# +++ Türchen 21 +++



## daci7 (21. Dezember 2022)

Ahhh ... jetzt mach ich auch mal mit bei der großen Tombola! 
Ich würde die Rolle an eine leichte Barschflitsche schrauben und in der kommenden Saison entsprechend nutzen.


----------



## Rheinangler (21. Dezember 2022)

Ich liebe Lighttackle auf Pollack und Meerforelle vom Boot in Norwegen - da käme mir die Rolle sehr gelegen. Aber natürlich auch für heimische Barsche


----------



## Mooskugel (21. Dezember 2022)

An einer Barsch Rute wäre die gut aufgehoben


----------



## Gert-Show (21. Dezember 2022)

Wow! Mit 12 Kilo Bremskraft wird sie mich sicher bei der OCC 2023 unterstützen.


----------



## masu1963 (21. Dezember 2022)

Nö - schreib ich nicht - gewinne ja eh nichts


----------



## Roy Digerhund (21. Dezember 2022)

Ich würde die Rolle zum Barschangeln nutzen.


----------



## Mikaslav (21. Dezember 2022)

Direkt bei uns im heimischen Gewässer auf Barsche ...


----------



## Professor Tinca (21. Dezember 2022)

An einer leichten Spinnrute oder evtl. auch an einer leichten Feederrute.


----------



## Jonny1985 (21. Dezember 2022)

Ich würde die Rute zum Barschangeln in Hamburg erfolgreich einsetzen


----------



## JaKla (21. Dezember 2022)

Ich würde mit ne schöne Forellenrute damit bauen.


----------



## Racklinger (21. Dezember 2022)

Damit würde ich doch glatt mal wieder auf Barsch gehen.


----------



## KadeTTHH (21. Dezember 2022)

Wäre super für die Angelei auf der Ostsee, aber auch für Bille und Elbe geeignet.


----------



## hanzz (21. Dezember 2022)

Anglerboard Redaktion schrieb:


> Mikromodul-Krone


Die Mikromodul-Krone reizt mich so sehr, dass ich damit auf Barsch fischen möchte.
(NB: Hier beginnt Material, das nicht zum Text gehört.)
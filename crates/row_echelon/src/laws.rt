//! Laws of rows, each the contract of a function that does nothing.
ghost use Rattle.row_echelon.specs.Laws.{FormExists, FormIsUnique, KeptSpanInserted};

/// Each row has one reduced form by the span of a list of rows, and only one.
pub fn one_reduced_form()
    ensures exists { FormExists }
    ensures unique { FormIsUnique }
{}

/// The rows that an echelon keeps span what all inserted rows span.
pub fn kept_span_inserted()
    ensures { KeptSpanInserted }
{}
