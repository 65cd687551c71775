// What is wrong with a message by itself, by refusals 12, 1, 2 and 3, in the fields that its code has: the tests of a server. A drive has its own, by the kind of reply.
#![tactic(auto)]

ghost use Rattle.std.specs.Prelude.{◌≡◌, ◌&&◌};
ghost use Rattle.rules.specs.Sets.{bad_set};
ghost use Rattle.wire.specs.Faults.{over_count, bad_numbers, bad_pieces, bad_sets};

use messages::codes::{PREPARE, shape_of};
use rules::Set;
use rules::ballots::bad_ballot;
use rules::cluster::{bad_number, bad_server};
use rules::sets::bad_set;
use transaction::{pieces_kept, too_many};
use wire::Message;

// 12: a count above 8.
#[tactic(auto, unfolding(wire::specs::Faults::over_count))]
pub fn over_count(m: &Message) -> bool
    ensures { result ≡ over_count m.now }
{
    let shape = shape_of(m.code);
    shape.pieces & too_many(m.pieces)
}

// 1: a number, server, ballot or promise out of its range, or a Prepare at ballot 0.
#[tactic(auto, unfolding(wire::specs::Faults::bad_numbers))]
pub fn bad_numbers(m: &Message) -> bool
    ensures { result ≡ bad_numbers m.now }
{
    let shape = shape_of(m.code);
    bad_number(m.t)
        | (shape.server & bad_server(m.server))
        | (shape.ballot & bad_ballot(m.ballot))
        | (shape.promise & bad_ballot(m.promise))
        | (shape.prepared & (m.accepted.some != 0) & bad_ballot(m.accepted.ballot))
        | ((m.code == PREPARE) & (m.ballot == 0))
}

// 2: pieces that break their rule.
#[tactic(auto, unfolding(wire::specs::Faults::bad_pieces))]
pub fn bad_pieces(m: &Message) -> bool
    ensures { result ≡ bad_pieces m.now }
{
    let shape = shape_of(m.code);
    shape.pieces && !pieces_kept(m.pieces)
}

// A set that is there breaks rule 3.
fn bad_where(there: bool, t: u32, touched: u64, v: Set) -> bool
    ensures { result ≡ (there && bad_set t touched v) }
{
    there && bad_set(t, touched, v)
}

// 3: a set or an arrival word that breaks its rule, where the number touches the shards in `touched`.
#[tactic(auto, unfolding(wire::specs::Faults::bad_sets))]
pub fn bad_sets(touched: u64, m: &Message) -> bool
    ensures { result ≡ bad_sets touched m.now }
{
    let shape = shape_of(m.code);
    let t = m.t as usize;
    bad_where(shape.set, m.t, touched, m.set)
        | (shape.word & masks::has(m.word, t))
        | (shape.prepared & (m.arrival.some != 0) & masks::has(m.arrival.word, t))
        | bad_where(
            shape.prepared & (m.accepted.some != 0),
            m.t,
            touched,
            m.accepted.set,
        )
}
Sieht aber so aus, als wenn kein Hebel für die Rücklaufsperre mehr vorhanden ist.

Dann überleg ich mir es nochmal


----------



## MarkusD_08 (21. Dezember 2022)

Zum leichteren Spinnfischen.


----------



## Mescalero (21. Dezember 2022)

Sehr gut! 2000er geht für fast alles. Ich gehe nachher gleich "bomb fishing" mit einer superfiligranen Rute, die mit einer Rolle in dieser Größe wunderbar ausbalanciert ist. 

Farblich würde sie auch gut zu meiner Shimano Nexave passen, bissl groß vielleicht.


----------



## captn-ahab (21. Dezember 2022)

Klare Sache: Barschangeln


----------



## Aalzheimer (21. Dezember 2022)

Suche immer noch was Neues für das neue Strolchprojekt


----------



## hanzz (21. Dezember 2022)

Aalzheimer schrieb:


> Suche immer noch was Neues für das neue Strolchprojekt


zu klein dafür.


----------



## Spaßfischer (21. Dezember 2022)

Barschrute


----------



## FischerKing (21. Dezember 2022)

Die käme an meine Alround Spinnrute für Forelle sowie das frei Leine Angeln auf Döbel und Karpfen


----------



## Sepp Meier (21. Dezember 2022)

An der zarten Zanderrute!


----------



## litzbarski (21. Dezember 2022)

ich würde damit Barsch und Zander fangen wollen ...


----------



## laraque (21. Dezember 2022)

Würde die Rolle an meine leichte Barschrute schrauben und meiner Ninja ab und an mal eine Pause gönnen.


----------



## alter Neusser (21. Dezember 2022)

Also wenn sie was taugt auf Barsch...... naja wenn sie nix taugt kann man sie ja verfeuern ist ja aus Grafit


----------



## Angler9999 (21. Dezember 2022)

An meiner Barschrute macht die sich bestimmt sehr gut.


----------



## Kehrinho (21. Dezember 2022)

Ich würde sie zum Forellen angeln nutzen


----------



## Nuesse (21. Dezember 2022)

masu1963 schrieb:


> Nö - schreib ich nicht - gewinne ja eh nichts


Mitleidsnummer zieht hier nicht ,hab ich auch schon versucht.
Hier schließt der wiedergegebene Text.